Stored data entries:
↓↓↓

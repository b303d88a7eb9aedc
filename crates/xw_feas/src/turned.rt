//! The lengths in which a new least grade changes which words are active.
ghost use Rattle.std.specs.Prelude.{◌≡◌, ℕ, ◌<◌, false, length, slice_index_or};
ghost use Rattle.xw_feas.specs.State.{least_chosen};
ghost use Rattle.xw_feas.specs.Written.{turns_words};

use xw_words::bank::Bank;

/// The number of lengths: from 0 to 255.
pub const LENGTHS: usize = 256;

/// For each length, whether choosing this least grade makes a known word active, or leaves out one that is.
pub fn turned_lengths(bank: &Bank, grade: u8) -> [bool; LENGTHS]
    ensures { (len : ℕ) → slice_index_or result len false ≡ turns_words bank.now.words (least_chosen grade) len }
{
    bank.well_formed();
    let mut turned = [false; LENGTHS];
    for len in 0..LENGTHS {
        turned[len] = bank.turns(len, grade);
    }
    turned
}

↑↑↑

> Exercise
For the word "ghost", tally the lines of the entries in which it appears and give the total alone.

> Completed exercise
3